[[ Data extracts open ]]

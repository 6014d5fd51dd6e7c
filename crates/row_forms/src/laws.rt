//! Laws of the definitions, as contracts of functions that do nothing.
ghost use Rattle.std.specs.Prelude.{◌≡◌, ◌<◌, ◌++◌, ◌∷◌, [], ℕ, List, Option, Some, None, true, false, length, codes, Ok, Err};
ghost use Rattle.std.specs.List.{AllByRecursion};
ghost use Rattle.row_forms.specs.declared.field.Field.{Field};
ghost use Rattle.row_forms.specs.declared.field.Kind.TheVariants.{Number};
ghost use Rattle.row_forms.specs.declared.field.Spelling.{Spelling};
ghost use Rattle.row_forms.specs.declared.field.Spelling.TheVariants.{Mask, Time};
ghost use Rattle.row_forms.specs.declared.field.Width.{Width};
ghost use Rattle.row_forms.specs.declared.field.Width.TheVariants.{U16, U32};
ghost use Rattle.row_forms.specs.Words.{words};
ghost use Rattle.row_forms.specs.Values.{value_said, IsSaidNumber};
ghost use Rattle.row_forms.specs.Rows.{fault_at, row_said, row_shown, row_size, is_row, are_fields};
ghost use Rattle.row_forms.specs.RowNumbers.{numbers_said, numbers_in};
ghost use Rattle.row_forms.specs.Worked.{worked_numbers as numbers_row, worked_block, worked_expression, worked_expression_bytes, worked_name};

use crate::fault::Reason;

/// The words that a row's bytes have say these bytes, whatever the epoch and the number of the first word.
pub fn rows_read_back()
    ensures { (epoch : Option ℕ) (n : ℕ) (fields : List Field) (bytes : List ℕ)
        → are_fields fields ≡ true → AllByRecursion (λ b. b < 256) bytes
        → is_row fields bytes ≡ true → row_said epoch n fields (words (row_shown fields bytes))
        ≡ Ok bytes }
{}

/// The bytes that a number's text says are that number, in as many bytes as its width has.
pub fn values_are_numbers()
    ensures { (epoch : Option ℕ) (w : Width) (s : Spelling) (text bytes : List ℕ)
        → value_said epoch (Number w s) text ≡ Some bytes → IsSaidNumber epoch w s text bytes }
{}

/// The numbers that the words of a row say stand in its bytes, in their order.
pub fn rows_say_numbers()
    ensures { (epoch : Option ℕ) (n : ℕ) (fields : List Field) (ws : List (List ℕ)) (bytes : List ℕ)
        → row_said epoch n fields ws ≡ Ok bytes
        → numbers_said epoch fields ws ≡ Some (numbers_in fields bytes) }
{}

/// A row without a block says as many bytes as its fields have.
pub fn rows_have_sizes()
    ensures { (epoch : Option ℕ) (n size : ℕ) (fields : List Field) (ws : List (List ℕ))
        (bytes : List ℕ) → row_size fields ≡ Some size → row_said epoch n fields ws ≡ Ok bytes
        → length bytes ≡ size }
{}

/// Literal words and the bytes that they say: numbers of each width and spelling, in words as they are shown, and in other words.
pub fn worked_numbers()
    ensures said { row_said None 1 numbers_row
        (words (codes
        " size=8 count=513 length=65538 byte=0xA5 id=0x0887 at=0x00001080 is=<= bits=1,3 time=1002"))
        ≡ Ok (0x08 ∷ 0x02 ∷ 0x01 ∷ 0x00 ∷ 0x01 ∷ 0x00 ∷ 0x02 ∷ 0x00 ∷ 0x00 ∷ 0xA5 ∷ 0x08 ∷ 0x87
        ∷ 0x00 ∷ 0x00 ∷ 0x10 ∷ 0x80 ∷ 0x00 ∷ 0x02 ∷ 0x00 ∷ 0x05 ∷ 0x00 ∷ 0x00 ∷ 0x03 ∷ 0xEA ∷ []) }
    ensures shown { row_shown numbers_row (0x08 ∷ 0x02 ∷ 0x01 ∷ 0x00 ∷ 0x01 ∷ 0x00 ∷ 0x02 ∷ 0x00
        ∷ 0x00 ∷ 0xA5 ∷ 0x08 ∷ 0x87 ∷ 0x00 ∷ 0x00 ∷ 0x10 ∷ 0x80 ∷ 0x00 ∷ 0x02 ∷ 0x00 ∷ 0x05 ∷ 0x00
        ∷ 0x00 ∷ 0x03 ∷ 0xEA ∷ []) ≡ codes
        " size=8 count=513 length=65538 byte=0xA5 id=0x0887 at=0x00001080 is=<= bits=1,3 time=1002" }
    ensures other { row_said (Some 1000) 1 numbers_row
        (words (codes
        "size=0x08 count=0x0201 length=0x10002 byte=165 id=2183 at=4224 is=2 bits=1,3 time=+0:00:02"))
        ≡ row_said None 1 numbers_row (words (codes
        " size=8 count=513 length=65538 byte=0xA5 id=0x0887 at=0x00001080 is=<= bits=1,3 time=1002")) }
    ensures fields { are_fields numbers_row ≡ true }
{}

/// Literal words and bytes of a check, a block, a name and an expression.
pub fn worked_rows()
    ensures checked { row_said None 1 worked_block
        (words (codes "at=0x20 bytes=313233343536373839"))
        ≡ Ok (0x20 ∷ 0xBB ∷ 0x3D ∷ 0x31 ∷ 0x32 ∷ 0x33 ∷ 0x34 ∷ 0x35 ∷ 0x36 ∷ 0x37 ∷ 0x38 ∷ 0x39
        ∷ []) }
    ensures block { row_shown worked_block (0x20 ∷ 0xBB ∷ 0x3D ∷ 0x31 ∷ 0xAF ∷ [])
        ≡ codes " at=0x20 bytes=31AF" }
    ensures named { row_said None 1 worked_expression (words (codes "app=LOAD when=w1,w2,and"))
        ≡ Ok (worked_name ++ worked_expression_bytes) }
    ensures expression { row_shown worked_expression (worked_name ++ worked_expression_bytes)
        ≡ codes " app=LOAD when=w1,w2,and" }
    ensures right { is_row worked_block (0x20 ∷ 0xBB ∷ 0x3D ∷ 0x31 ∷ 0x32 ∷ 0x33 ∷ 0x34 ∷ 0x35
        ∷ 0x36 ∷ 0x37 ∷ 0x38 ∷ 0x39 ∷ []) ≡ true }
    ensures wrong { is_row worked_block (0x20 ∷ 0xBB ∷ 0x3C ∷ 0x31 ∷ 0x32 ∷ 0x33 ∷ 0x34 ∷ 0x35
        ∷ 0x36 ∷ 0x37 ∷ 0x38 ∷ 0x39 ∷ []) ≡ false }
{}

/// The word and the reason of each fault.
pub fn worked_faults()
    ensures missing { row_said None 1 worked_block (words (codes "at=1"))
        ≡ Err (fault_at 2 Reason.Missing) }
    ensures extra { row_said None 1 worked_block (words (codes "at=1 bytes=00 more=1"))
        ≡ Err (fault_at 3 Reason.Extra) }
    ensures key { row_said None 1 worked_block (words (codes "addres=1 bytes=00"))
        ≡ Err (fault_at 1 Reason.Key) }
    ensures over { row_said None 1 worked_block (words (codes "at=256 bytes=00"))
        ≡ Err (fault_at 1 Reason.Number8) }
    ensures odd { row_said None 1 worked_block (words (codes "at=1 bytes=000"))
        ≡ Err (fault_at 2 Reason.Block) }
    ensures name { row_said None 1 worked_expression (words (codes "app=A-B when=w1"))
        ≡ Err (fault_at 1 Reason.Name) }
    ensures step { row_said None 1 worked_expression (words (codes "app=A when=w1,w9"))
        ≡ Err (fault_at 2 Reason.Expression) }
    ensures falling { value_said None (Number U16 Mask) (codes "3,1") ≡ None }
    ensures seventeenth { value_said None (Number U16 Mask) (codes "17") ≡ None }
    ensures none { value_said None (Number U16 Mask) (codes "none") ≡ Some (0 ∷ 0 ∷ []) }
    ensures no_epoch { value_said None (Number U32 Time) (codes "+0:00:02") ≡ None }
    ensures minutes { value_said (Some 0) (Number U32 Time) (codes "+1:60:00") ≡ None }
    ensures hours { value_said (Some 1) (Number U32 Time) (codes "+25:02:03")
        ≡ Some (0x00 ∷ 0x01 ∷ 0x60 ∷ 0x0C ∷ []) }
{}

[[ Data extracts closed ]]

◆ Task goal
Lines holding "false": copy each one from the records above.

◆ Solution to the problem
ghost use Rattle.std.specs.Prelude.{◌≡◌, ◌<◌, ◌++◌, ◌∷◌, [], ℕ, List, Option, Some, None, true, false, length, codes, Ok, Err};
        ∷ 0x36 ∷ 0x37 ∷ 0x38 ∷ 0x39 ∷ []) ≡ false }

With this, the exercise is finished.